En medio de una fuerte oposición pública Japón realiza el funeral de Estado por Shinzo Abe

Japón

El funeral de Estado por el ex primer ministro Shinzo Abe se celebró en Tokio a pesar de la fuerte oposición a la controvertida ceremonia por el líder más longevo de Japón, con más de 4.000 dolientes que asistieron al evento en medio de fuertes medidas de seguridad.

Según informó el medio Kyodo News, antes de que se celebrara el acto, financiado por el Estado y el primero de este tipo para un ex primer ministro en 55 años, aumentaron los llamamientos para su cancelación. Los críticos dicen que carece de base legal, y citan el complicado legado político de Abe para su oposición.

Abe construyó su perfil en el extranjero haciendo hincapié en la política exterior y de seguridad al tiempo que forjaba lazos personales con líderes mundiales como el expresidente de Estados Unidos, Donald Trump.

En Japón, sin embargo, la opinión sobre su legado está dividida en base a las acusaciones de que abusó de su poder para obtener beneficios personales.

Durante la posguerra, Japón solo había acogido una vez un funeral de Estado para un ex primer ministro, se trata Shigeru Yoshida en 1967, que lideró la recuperación del país tras la Segunda Guerra Mundial.

La Agencia Nacional de Policía de Japón ha movilizado hasta 20.000 agentes para reforzar la estricta seguridad en la capital, especialmente en torno a la sala Nippon Budokan, donde se celebró la ceremonia.

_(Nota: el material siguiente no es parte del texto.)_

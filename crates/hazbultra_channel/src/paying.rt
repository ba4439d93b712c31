//! What an end owes, paid in small steps.
ghost use Rattle.std.specs.Prelude.{◌≡◌, ◌≢◌, ◌↔◌, ◌⊎◌, ◌<◌, Some};
ghost use Rattle.mb_channel.specs.Wakes.{one_if};
ghost use Rattle.mb_channel.specs.declared.held.Held.TheVariants as held;
ghost use Rattle.hazbultra_channel.specs.Ends.{EndMade, EndWent, HasPaid, HasRetired, IsAtRest, IsEnd};
ghost use Rattle.hazbultra_channel.specs.Ends.{IsNoWake, IsWake, OwedPaid, WasTold, place_held};
ghost use Rattle.hazbultra_channel.specs.declared.codes.TheConstants.{AGAIN, BAD_HANDLE, DONE};

use crate::codes::{AGAIN, BAD_HANDLE, DONE};
use crate::handle::End;
use crate::thing::{Thing, WakeOut};
use mb_channel::{Cutter, Held, KeptSender, Leaving, Owing, Stored};
use std::mem;

/// Pays what the end owes, in a few accesses. If it sleeps, it stops waiting. The call returns `DONE` if the end owes
/// nothing any more, `AGAIN` if it still does, and `BAD_HANDLE` if the handle leads to no end.
#[unsafe(no_mangle)]
pub extern "C" fn hz_channel_pay(end: &mut End, wake: &mut WakeOut) -> u32
    ensures paid { result ≢ BAD_HANDLE
        → EndWent (HasPaid wake.new.threads) end.old.block.thing end.new.block.thing }
    ensures done { result ≡ DONE → EndMade IsAtRest end.new.block.thing }
    ensures rest { result ≢ BAD_HANDLE → wake.new.owes ≡ 0
        → EndMade IsAtRest end.new.block.thing }
    ensures told_on { EndMade WasTold end.old.block.thing → EndMade WasTold end.new.block.thing }
    ensures retired { EndMade HasRetired end.old.block.thing
        → EndMade HasRetired end.new.block.thing }
    ensures bad { (result ≡ BAD_HANDLE) ↔ (EndMade IsEnd end.old.block.thing → ⊥) }
    ensures same { result ≡ BAD_HANDLE → end.new.block.thing ≡ end.old.block.thing }
    ensures codes { (result ≡ DONE) ⊎ (result ≡ AGAIN) ⊎ (result ≡ BAD_HANDLE) }
    ensures wake { IsWake wake.new }
    ensures no_wake { result ≡ BAD_HANDLE → IsNoWake wake.new }
    ensures owes { result ≡ DONE → wake.new.owes ≡ 0 }
    ensures place { 0 < wake.new.threads
        → EndMade (λ k. wake.new.place ≡ place_held k) end.new.block.thing }
{
    wake.threads = 0;
    wake.owes = 0;
    let Some(opened) = end.lend() else {
        return BAD_HANDLE;
    };
    pay_there(opened, wake)
}

/// Pays what the end in the box owes, in a few accesses.
#[cold]
#[inline(never)]
pub(crate) fn pay_there(opened: &mut Thing, wake: &mut WakeOut) -> u32
    requires nothing { (wake.old.threads ≡ 0) × (wake.old.owes ≡ 0) }
    ensures paid { result ≢ BAD_HANDLE
        → EndWent (HasPaid wake.new.threads) (Some opened.old) (Some opened.new) }
    ensures done { result ≡ DONE → EndMade IsAtRest (Some opened.new) }
    ensures rest { result ≢ BAD_HANDLE → wake.new.owes ≡ 0
        → EndMade IsAtRest (Some opened.new) }
    ensures told_on { EndMade WasTold (Some opened.old) → EndMade WasTold (Some opened.new) }
    ensures retired { EndMade HasRetired (Some opened.old) → EndMade HasRetired (Some opened.new) }
    ensures bad { (result ≡ BAD_HANDLE) ↔ (EndMade IsEnd (Some opened.old) → ⊥) }
    ensures same { result ≡ BAD_HANDLE → opened.new ≡ opened.old }
    ensures codes { (result ≡ DONE) ⊎ (result ≡ AGAIN) ⊎ (result ≡ BAD_HANDLE) }
    ensures wake { IsWake wake.new }
    ensures no_wake { result ≡ BAD_HANDLE → IsNoWake wake.new }
    ensures owes { result ≡ DONE → wake.new.owes ≡ 0 }
    ensures place { 0 < wake.new.threads
        → EndMade (λ k. wake.new.place ≡ place_held k) (Some opened.new) }
{
    let Thing::OfEnd(stored) = mem::replace(opened, Thing::OfNothing) else {
        return BAD_HANDLE;
    };
    *opened = Thing::OfEnd(Stored::new(pay_some(stored.take(), wake)));
    if wake.owes == 0 { DONE } else { AGAIN }
}

/// Pays what an end owes, in a few accesses.
#[cold]
#[inline(never)]
pub(crate) fn pay_some(held: Held<u64>, wake: &mut WakeOut) -> Held<u64>
    ensures paid { HasPaid wake.new.threads held result }
    ensures stays { IsAtRest held → result ≡ held }
    ensures told_on { WasTold held → WasTold result }
    ensures retired { HasRetired held → HasRetired result }
    ensures rest { wake.new.owes ≡ 0 → IsAtRest result }
    ensures wake { IsWake wake.new }
    ensures place { 0 < wake.new.threads → wake.new.place ≡ place_held result }
{
    tell(wake, 0, false, false);
    match held {
        Held::OfSender(kept) => pay_sender(kept, wake),
        Held::OfLeaving(leaving) => pay_leaving(leaving, wake),
        Held::OfAsleep(asleep) => pay_leaving(asleep.give_up(), wake),
        Held::OfCutter(cutter) => pay_cutter(cutter, wake),
        rest => rest,
    }
}

fn tell(wake: &mut WakeOut, place: usize, woken: bool, owes: bool)
    ensures threads { wake.new.threads ≡ one_if woken }
    ensures owes { wake.new.owes ≡ one_if owes }
    ensures wake { IsWake wake.new }
    ensures place { wake.new.place ≡ place }
{
    *wake = WakeOut {
        place: place as u64,
        threads: u32::from(woken),
        owes: u32::from(owes),
    };
}

fn pay_sender(kept: KeptSender<u64>, wake: &mut WakeOut) -> Held<u64>
    requires { (wake.old.threads ≡ 0) × (wake.old.owes ≡ 0) }
    ensures paid { HasPaid wake.new.threads (held.OfSender kept) result }
    ensures stays { IsAtRest (held.OfSender kept) → result ≡ held.OfSender kept }
    ensures rest { wake.new.owes ≡ 0 → IsAtRest result }
    ensures told_on { WasTold (held.OfSender kept) → WasTold result }
    ensures wake { IsWake wake.new }
    ensures place { 0 < wake.new.threads → wake.new.place ≡ place_held result }
{
    if !kept.owes() {
        return Held::OfSender(kept);
    }
    match kept.take() {
        Ok(sender) => Held::OfSender(sender.keep()),
        Err(owing) => pay_owing(owing, wake),
    }
}

fn pay_owing(owing: Owing<u64>, wake: &mut WakeOut) -> Held<u64>
    ensures paid { OwedPaid wake.new.threads owing result }
    ensures rest { wake.new.owes ≡ 0 → IsAtRest result }
    ensures wake { IsWake wake.new }
    ensures place { wake.new.place ≡ place_held result }
{
    let place = owing.place();
    let (woken, rest) = owing.pay_some();
    match rest {
        Ok(sender) => {
            tell(wake, place, woken, false);
            Held::OfSender(sender.keep())
        }
        Err(owing) => {
            tell(wake, place, woken, true);
            Held::OfSender(owing.keep())
        }
    }
}

fn pay_leaving(leaving: Leaving<u64>, wake: &mut WakeOut) -> Held<u64>
    ensures paid { HasPaid wake.new.threads (held.OfLeaving leaving) result }
    ensures rest { wake.new.owes ≡ 0 → IsAtRest result }
    ensures wake { IsWake wake.new }
    ensures place { wake.new.place ≡ place_held result }
{
    let place = leaving.place();
    let (woken, rest) = leaving.pay_some();
    match rest {
        Ok(receiver) => {
            tell(wake, place, woken, false);
            Held::OfReceiver(receiver)
        }
        Err(leaving) => {
            tell(wake, place, woken, true);
            Held::OfLeaving(leaving)
        }
    }
}

fn pay_cutter(cutter: Cutter<u64>, wake: &mut WakeOut) -> Held<u64>
    ensures paid { HasPaid wake.new.threads (held.OfCutter cutter) result }
    ensures retired { HasRetired (held.OfCutter cutter) → HasRetired result }
    ensures rest { wake.new.owes ≡ 0 → IsAtRest result }
    ensures wake { IsWake wake.new }
    ensures place { wake.new.place ≡ place_held result }
{
    let place = cutter.place();
    let (woken, rest) = cutter.pay_some();
    match rest {
        Ok(departing) => {
            tell(wake, place, woken, false);
            Held::OfDeparting(departing)
        }
        Err(cutter) => {
            tell(wake, place, woken, true);
            Held::OfCutter(cutter)
        }
    }
}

Mientras tanto, en un parque cercano al lugar de celebración, un gran número de personas se reunió para depositar flores desde primera hora de la mañana.

Los opositores al funeral han celebrado repetidamente concentraciones frente a la oficina del primer ministro, el edificio del parlamento y otros lugares, y han presentado demandas judiciales exigiendo que se elimine el evento.

A principios de este mes, un hombre se prendió fuego en una calle cercana a la oficina del primer ministro, según la policía, aparentemente con la intención de suicidarse en protesta por el funeral de Estado previsto.

Se estima que el funeral le costará a Japón más de 1.600 millones de yenes (11 millones de dólares).

Los presentes en la ceremonia

Durante el servicio, el primer ministro Fumio Kishida y su predecesor Yoshihide Suga pronunciaron sendos discursos en su memoria.

El primer ministro reconoció los logros del ex dirigente en el fortalecimiento «notable» de los lazos entre Japón y Estados Unidos, proponiendo un marco de seguridad en el que participan los dos países más Australia e India, llamado la «Cuadrilateral», y promoviendo un «Indo-Pacífico libre y abierto».

Kishida, también prometió continuar con la misión de Abe de lograr el retorno de los japoneses secuestrados por Corea del Norte en las décadas de 1970 y 1980, y dijo que «hare todo lo que esté en mi mano» para lograr ese objetivo.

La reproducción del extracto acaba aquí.